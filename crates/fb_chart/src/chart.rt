//! One invocation of a basic block: IEC 61499-1 edition 2, 5.2.2.

ghost use Rattle.std.specs.Prelude.{◌≡◌, ◌≢◌, ◌<◌, ◌≤◌, ◌+◌, ◌++◌, ◌^◌, length, true, None, Some, IfSome};
ghost use Rattle.std.specs.List.{AllByRecursion};
ghost use Rattle.std.specs.Option.{option_map};
ghost use Rattle.fb_model.specs.Typing.{AreDistinct};
ghost use Rattle.fb_model.specs.Language.{Done};
ghost use Rattle.fb_model.specs.Charts.{Fail, Settling, choice, tested, work as runs};
ghost use Rattle.fb_model_laws.specs.Leaves.{IsClosedBlock};
ghost use Rattle.st_exec.specs.CodeViews.{code_term};
ghost use Rattle.st_exec.specs.Placed.{placed};
ghost use Rattle.st_exec.specs.Cells.{values_of, forms_of};
ghost use Rattle.st_exec.specs.Runs.{EndsWithin};
ghost use Rattle.fb_chart.specs.Views.{named};
ghost use Rattle.fb_chart.specs.Tables.{IsChart};
ghost use Rattle.fb_chart.specs.Charting.{block_in, states_in, events_in, outputs_in, most_steps, IsStateNumber, IsReady, CanWork, numbered, is_open_to, chosen, cells_of, entered, begun, FineFrom, HasCome, HasRested};

use crate::emit::{Emit, send};
use crate::table::{Chart, Output};
use st_exec::{Code, Procedure, Store, exec, truth};

/// An invocation of a chart: the chart, what its outputs lead to, the number of the event, and the most steps that it may take.
#[derive(Clone, Copy)]
pub struct Invocation<'a> {
    pub chart: &'a Chart,
    pub outputs: &'a [Output],
    pub event: u16,
    pub most: u64,
}

// Whether the event of a transition lets it be crossed.
fn is_open(named: Option<u16>, event: Option<u16>) -> bool
    ensures { result ≡ is_open_to named event }
{
    match named {
        None => true,
        Some(named) => match event {
            None => false,
            Some(event) => event == named,
        },
    }
}

// Whether a guard lets its transition be crossed.
fn is_true(guard: &Option<Code>, own: &Store) -> bool
    requires placed { IfSome guard.now (λ g. placed (forms_of own.now) g ≡ true) }
    requires clear { tested (option_map code_term guard.now) (values_of own.now) ≢ None }
    ensures { tested (option_map code_term guard.now) (values_of own.now) ≡ Some result }
{
    match guard {
        None => true,
        Some(guard) => truth(guard, own),
    }
}

// The first transition from a state that can be crossed, with the event or without one: where it leads.
fn next_state(chart: &Chart, state: u16, event: Option<u16>, own: &Store) -> Option<u16>
    requires chart { IsChart (forms_of own.now) (events_in chart.now) (outputs_in chart.now) (block_in chart.now) chart.now }
    requires closed { IsClosedBlock (block_in chart.now) }
    requires apart { AreDistinct (events_in chart.now) }
    requires event { IfSome event (λ e. e < length (events_in chart.now)) }
    requires state { IsStateNumber state (block_in chart.now) }
    requires clear { choice (block_in chart.now).transitions (named (states_in chart.now) state) (option_map (named (events_in chart.now)) event) (values_of own.now) ≢ Fail }
    ensures chosen { choice (block_in chart.now).transitions (named (states_in chart.now) state) (option_map (named (events_in chart.now)) event) (values_of own.now) ≡ chosen (states_in chart.now) result }
    ensures within { IfSome result (λ u. u < length (states_in chart.now)) }
{
    let Some(current) = chart.code.states.get(state as usize) else {
        return None;
    };
    for transition in &current.transitions {
        if is_open(transition.event, event) && is_true(&transition.guard, own) {
            return Some(transition.target);
        }
    }
    None
}

// Runs the algorithm of a number, if there is one, and answers its steps.
fn work(procedures: &[Procedure], algorithm: Option<u16>, own: &mut Store) -> u64
    requires within { IfSome algorithm (λ n. n < length procedures.now) }
    requires can { AllByRecursion (CanWork (forms_of own.old)) procedures.now }
    requires small { EndsWithin (10 ^ 12) (runs (numbered procedures.now algorithm) (values_of own.old)) }
    ensures answers { runs (numbered procedures.now algorithm) (values_of own.old) ≡ Done (values_of own.new) result }
    ensures forms { forms_of own.new ≡ forms_of own.old }
{
    match algorithm {
        None => 0,
        Some(number) => exec(&procedures[number as usize], own),
    }
}

// Does the actions of a state in order, and answers the steps so far.
fn act<E: Emit>(
    invocation: &Invocation,
    state: u16,
    before: u64,
    own: &mut Store,
    issued: &mut Store,
    emit: &mut E,
) -> u64
    requires ready { IsReady invocation.now.chart.now invocation.now.outputs.now (forms_of own.old) (forms_of issued.old) }
    requires state { state < length (states_in invocation.now.chart.now) }
    requires few { invocation.now.most ≤ most_steps }
    requires fine { FineFrom (block_in invocation.now.chart.now) invocation.now.outputs.now invocation.now.most (E.room emit.old) (entered invocation.now.chart.now state (cells_of own.old issued.old) before) }
    ensures come { HasCome (block_in invocation.now.chart.now) invocation.now.outputs.now (entered invocation.now.chart.now state (cells_of own.old issued.old) before) (named (states_in invocation.now.chart.now) state) (cells_of own.new issued.new) Settling result (E.sent emit.old) (E.sent emit.new) }
    ensures own { forms_of own.new ≡ forms_of own.old }
    ensures issued { forms_of issued.new ≡ forms_of issued.old }
    ensures room { E.room emit.old + length (E.sent emit.old) ≡ E.room emit.new + length (E.sent emit.new) }
    ensures same_reference { E.reference emit.new ≡ E.reference emit.old }
{
    let mut steps = before;
    for action in &invocation.chart.code.states[state as usize].actions {
        steps += work(&invocation.chart.code.procedures, action.algorithm, own);
        send(invocation.outputs, action.output, own, issued, emit);
    }
    steps
}

/// Runs a chart from dispatch to rest, and answers its state and its steps, which are no more than `most`. Its inputs are sampled already.
///
/// It does not trap. What its event outputs reach is emitted, for which there is room; the room falls by as many.
pub fn invoke<E: Emit>(
    invocation: &Invocation,
    state: u16,
    own: &mut Store,
    issued: &mut Store,
    emit: &mut E,
) -> (u16, u64)
    requires ready { IsReady invocation.now.chart.now invocation.now.outputs.now (forms_of own.old) (forms_of issued.old) }
    requires state { IsStateNumber state (block_in invocation.now.chart.now) }
    requires event { invocation.now.event < length (events_in invocation.now.chart.now) }
    requires few { invocation.now.most ≤ most_steps }
    requires fine { FineFrom (block_in invocation.now.chart.now) invocation.now.outputs.now invocation.now.most (E.room emit.old) (begun invocation.now.chart.now state (cells_of own.old issued.old) invocation.now.event) }
    ensures rested { HasRested (block_in invocation.now.chart.now) invocation.now.outputs.now (begun invocation.now.chart.now state (cells_of own.old issued.old) invocation.now.event) (named (states_in invocation.now.chart.now) result.0) (cells_of own.new issued.new) result.1 (E.sent emit.old) (E.sent emit.new) }
    ensures steps { result.1 ≤ invocation.now.most }
    ensures state { IsStateNumber result.0 (block_in invocation.now.chart.now) }
    ensures own { forms_of own.new ≡ forms_of own.old }
    ensures issued { forms_of issued.new ≡ forms_of issued.old }
    ensures room { E.room emit.old + length (E.sent emit.old) ≡ E.room emit.new + length (E.sent emit.new) }
    ensures same_reference { E.reference emit.new ≡ E.reference emit.old }
{
    let mut now = state;
    let mut steps = 1;
    let mut waiting = Some(invocation.event);
    while let Some(target) = next_state(invocation.chart, now, waiting, own) {
        now = target;
        waiting = None;
        steps = act(invocation, now, steps + 1, own, issued, emit);
    }
    (now, steps)
}
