//! When all BEGIN of a resource fit in its queue together: they arrive at once.

ghost use Rattle.std.specs.Prelude.{◌≡◌, IfOk, IfErr, OnOk};
ghost use Rattle.fb_types_services.specs.Views.{service_of};
ghost use Rattle.fb_check_rows.specs.Depths.{is_begun, IsBegin, ResourceBegins, IsDepthFault, IsMemory};

use crate::resource::{depth, service_places};
use fb_cert::Certificate;
use fb_faults::Shallow;
use fb_flat::{Body, FlatResource, Leaf};
use fb_types_services::Service;
use std::alloc::Global;

// Whether a service is one that says BEGIN.
fn begins(service: &Service) -> bool
    ensures { result ≡ is_begun (service_of service.now) }
{
    match service {
        Service::Restart => true,
        _ => false,
    }
}

/// The places of a leaf's BEGIN, 0 where it has none.
pub fn begin_places(alloc: Global, certificate: &Certificate, leaf: &Leaf) -> Result<u64, Shallow>
    ensures value { IfOk result (IsBegin certificate.now leaf.now) }
    ensures refused { IfErr result IsMemory }
{
    match &leaf.body {
        Body::Basic(_) => Ok(0),
        Body::Served(service) => {
            if begins(service) {
                service_places(alloc, certificate, leaf.path.as_str(), service)
            } else {
                Ok(0)
            }
        }
    }
}

/// The places of all BEGIN of a resource together are at most its depth.
pub fn begins_fit(
    alloc: Global,
    certificate: &Certificate,
    resource: &FlatResource,
) -> Result<(), Shallow>
    ensures fits { OnOk result (ResourceBegins certificate.now resource.now) }
    ensures refused { IfErr result (IsDepthFault certificate.now resource.now) }
{
    let mut left = depth(certificate, resource);
    for leaf in &resource.leaves {
        let places = begin_places(alloc, certificate, leaf)?;
        if places > left {
            return Err(Shallow::Depth(resource.path.clone()?));
        }
        left -= places;
    }
    Ok(())
}
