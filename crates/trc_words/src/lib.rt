//! The words of the program: what each command asks for, or that they are refused.
//!
//! The first word is the command, byte for byte. The words behind it are read by its `clap` command (**command_words**), and each value
//! is tested against its table (**option_values**, **word_requests**). `specs/Asked.antt` says what words ask for (`asked`).
#![tactic(auto)]

mod reading;

pub use command_words::WordsFault;
pub use option_values::{Builder, Choice, Format, Policy, Topic};
pub use reading::read_words;
pub use word_requests::Request;
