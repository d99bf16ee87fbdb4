//! From words to what they ask for.

ghost use Rattle.std.specs.Prelude.{map, string_bytes, IfOk};
ghost use Rattle.command_words.specs.Commands.{run_command, build_command, elf_command, exec_command, traces_command, bulk_command, audit_command, object_command, link_command, mean_command, both_command, batch_command, check_command, explain_command, compare_command, show_command, help_command};
ghost use Rattle.word_requests.specs.Asked.{run_asked, build_asked, elf_asked, exec_asked, traces_asked, bulk_asked, audit_asked, object_asked, link_asked, mean_asked, both_asked, batch_asked, check_asked, explain_asked, compare_asked, show_asked, help_asked};
ghost use Rattle.word_requests.specs.Fitting.{Fits};
ghost use Rattle.word_requests.specs.Requests.{Asks, plain};
ghost use Rattle.trc_words.specs.Asked.{asked, asked_of, taken};

use command_words::WordsFault;
use std::alloc::Global;
use word_requests::{
    Request, audit_request, batch_request, both_request, build_request, bulk_request,
    check_request, compare_request, elf_request, exec_request, explain_request, link_request,
    mean_request, object_request, run_request, show_request, traces_request,
};

/// What words ask for that begin with `run`.
fn run<'a>(alloc: Global, words: &'a [String]) -> Result<Request<'a>, WordsFault>
    ensures { Asks (taken run_command (map string_bytes words.entry.now) run_asked) result }
{
    let matches = command_words::run(alloc, words)?;
    run_request(alloc, &matches)
}

/// What words ask for that begin with `build`.
fn build<'a>(alloc: Global, words: &'a [String]) -> Result<Request<'a>, WordsFault>
    ensures { Asks (taken build_command (map string_bytes words.entry.now) build_asked) result }
{
    let matches = command_words::build(alloc, words)?;
    build_request(alloc, &matches)
}

/// What words ask for that begin with `elf`.
fn elf<'a>(alloc: Global, words: &'a [String]) -> Result<Request<'a>, WordsFault>
    ensures { Asks (taken elf_command (map string_bytes words.entry.now) elf_asked) result }
{
    let matches = command_words::elf(alloc, words)?;
    elf_request(alloc, &matches)
}

/// What words ask for that begin with `exec`.
fn exec<'a>(alloc: Global, words: &'a [String]) -> Result<Request<'a>, WordsFault>
    ensures { Asks (taken exec_command (map string_bytes words.entry.now) exec_asked) result }
{
    let matches = command_words::exec(alloc, words)?;
    exec_request(&matches)
}

/// What words ask for that begin with `traces`.
fn traces<'a>(alloc: Global, words: &'a [String]) -> Result<Request<'a>, WordsFault>
    ensures { Asks (taken traces_command (map string_bytes words.entry.now) traces_asked) result }
{
    let matches = command_words::traces(alloc, words)?;
    traces_request(alloc, &matches)
}

/// What words ask for that begin with `bulk`.
fn bulk<'a>(alloc: Global, words: &'a [String]) -> Result<Request<'a>, WordsFault>
    ensures { Asks (taken bulk_command (map string_bytes words.entry.now) bulk_asked) result }
{
    let matches = command_words::bulk(alloc, words)?;
    bulk_request(&matches)
}

/// What words ask for that begin with `audit`.
fn audit<'a>(alloc: Global, words: &'a [String]) -> Result<Request<'a>, WordsFault>
    ensures { Asks (taken audit_command (map string_bytes words.entry.now) audit_asked) result }
{
    let matches = command_words::audit(alloc, words)?;
    audit_request(alloc, &matches)
}

/// What words ask for that begin with `object`.
fn object<'a>(alloc: Global, words: &'a [String]) -> Result<Request<'a>, WordsFault>
    ensures { Asks (taken object_command (map string_bytes words.entry.now) object_asked) result }
{
    let matches = command_words::object(alloc, words)?;
    object_request(alloc, &matches)
}

/// What words ask for that begin with `link`.
fn link<'a>(alloc: Global, words: &'a [String]) -> Result<Request<'a>, WordsFault>
    ensures { Asks (taken link_command (map string_bytes words.entry.now) link_asked) result }
{
    let matches = command_words::link(alloc, words)?;
    link_request(alloc, &matches)
}

/// What words ask for that begin with `mean`.
fn mean<'a>(alloc: Global, words: &'a [String]) -> Result<Request<'a>, WordsFault>
    ensures { Asks (taken mean_command (map string_bytes words.entry.now) mean_asked) result }
{
    let matches = command_words::mean(alloc, words)?;
    mean_request(alloc, &matches)
}

/// What words ask for that begin with `both`.
fn both<'a>(alloc: Global, words: &'a [String]) -> Result<Request<'a>, WordsFault>
    ensures { Asks (taken both_command (map string_bytes words.entry.now) both_asked) result }
{
    let matches = command_words::both(alloc, words)?;
    both_request(alloc, &matches)
}

/// What words ask for that begin with `batch`.
fn batch<'a>(alloc: Global, words: &'a [String]) -> Result<Request<'a>, WordsFault>
    ensures { Asks (taken batch_command (map string_bytes words.entry.now) batch_asked) result }
{
    let matches = command_words::batch(alloc, words)?;
    batch_request(&matches)
}

/// What words ask for that begin with `check`.
fn check<'a>(alloc: Global, words: &'a [String]) -> Result<Request<'a>, WordsFault>
    ensures { Asks (taken check_command (map string_bytes words.entry.now) check_asked) result }
{
    let matches = command_words::check(alloc, words)?;
    check_request(alloc, &matches)
}

/// What words ask for that begin with `explain`.
fn explain<'a>(alloc: Global, words: &'a [String]) -> Result<Request<'a>, WordsFault>
    ensures { Asks (taken explain_command (map string_bytes words.entry.now) explain_asked) result }
{
    let matches = command_words::explain(alloc, words)?;
    explain_request(&matches)
}

/// What words ask for that begin with `compare`.
fn compare<'a>(alloc: Global, words: &'a [String]) -> Result<Request<'a>, WordsFault>
    ensures { Asks (taken compare_command (map string_bytes words.entry.now) compare_asked) result }
{
    let matches = command_words::compare(alloc, words)?;
    compare_request(alloc, &matches)
}

/// What words ask for that begin with `show`.
fn show<'a>(alloc: Global, words: &'a [String]) -> Result<Request<'a>, WordsFault>
    ensures { Asks (taken show_command (map string_bytes words.entry.now) show_asked) result }
{
    let matches = command_words::show(alloc, words)?;
    show_request(alloc, &matches)
}

/// What words ask for that begin with `help`.
fn help<'a>(alloc: Global, words: &'a [String]) -> Result<Request<'a>, WordsFault>
    ensures { Asks (taken help_command (map string_bytes words.entry.now) help_asked) result }
{
    let _matches = command_words::help(alloc, words)?;
    Ok(Request::Help)
}

/// What words ask for that begin with a command of this name.
fn of_command<'a>(alloc: Global, name: &str, words: &'a [String]) -> Result<Request<'a>, WordsFault>
    ensures { Asks (asked_of name.now (map string_bytes words.entry.now)) result }
{
    match name {
        "run" => run(alloc, words),
        "build" => build(alloc, words),
        "elf" => elf(alloc, words),
        "exec" => exec(alloc, words),
        "traces" => traces(alloc, words),
        "bulk" => bulk(alloc, words),
        "audit" => audit(alloc, words),
        "object" => object(alloc, words),
        "link" => link(alloc, words),
        "mean" => mean(alloc, words),
        "both" => both(alloc, words),
        "batch" => batch(alloc, words),
        "check" => check(alloc, words),
        "explain" => explain(alloc, words),
        "compare" => compare(alloc, words),
        "show" => show(alloc, words),
        "help" => help(alloc, words),
        _ => Err(WordsFault::Usage),
    }
}

/// What these words ask for, those behind the program's name; `Usage` exactly where they are refused. The words are
/// read as the command's written meaning says, and a value is tested against its table.
pub fn read_words<'a>(alloc: Global, words: &'a [String]) -> Result<Request<'a>, WordsFault>
    ensures asks { Asks (asked (map string_bytes words.entry.now)) result }
    ensures fits { IfOk result (λ request. Fits (plain request)) }
{
    match words.first() {
        Some(command) => of_command(alloc, command.as_str(), words),
        None => Err(WordsFault::Usage),
    }
}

§ Required action
In the listing above, start at the line with "let matches = command_words::bulk(alloc, words)?;", go on through the line with "fn batch<'a>(alloc: Global, words: &'a", and copy each of those lines exactly; leave out all the rest.

§ The completed task
    let matches = command_words::bulk(alloc, words)?;
    bulk_request(&matches)
}

/// What words ask for that begin with `audit`.
fn audit<'a>(alloc: Global, words: &'a [String]) -> Result<Request<'a>, WordsFault>
    ensures { Asks (taken audit_command (map string_bytes words.entry.now) audit_asked) result }
{
    let matches = command_words::audit(alloc, words)?;
    audit_request(alloc, &matches)
}

/// What words ask for that begin with `object`.
fn object<'a>(alloc: Global, words: &'a [String]) -> Result<Request<'a>, WordsFault>
    ensures { Asks (taken object_command (map string_bytes words.entry.now) object_asked) result }
{
    let matches = command_words::object(alloc, words)?;
    object_request(alloc, &matches)
}

/// What words ask for that begin with `link`.
fn link<'a>(alloc: Global, words: &'a [String]) -> Result<Request<'a>, WordsFault>
    ensures { Asks (taken link_command (map string_bytes words.entry.now) link_asked) result }
{
    let matches = command_words::link(alloc, words)?;
    link_request(alloc, &matches)
}

/// What words ask for that begin with `mean`.
fn mean<'a>(alloc: Global, words: &'a [String]) -> Result<Request<'a>, WordsFault>
    ensures { Asks (taken mean_command (map string_bytes words.entry.now) mean_asked) result }
{
    let matches = command_words::mean(alloc, words)?;
    mean_request(alloc, &matches)
}

/// What words ask for that begin with `both`.
fn both<'a>(alloc: Global, words: &'a [String]) -> Result<Request<'a>, WordsFault>
    ensures { Asks (taken both_command (map string_bytes words.entry.now) both_asked) result }
{
    let matches = command_words::both(alloc, words)?;
    both_request(alloc, &matches)
}

/// What words ask for that begin with `batch`.
fn batch<'a>(alloc: Global, words: &'a [String]) -> Result<Request<'a>, WordsFault>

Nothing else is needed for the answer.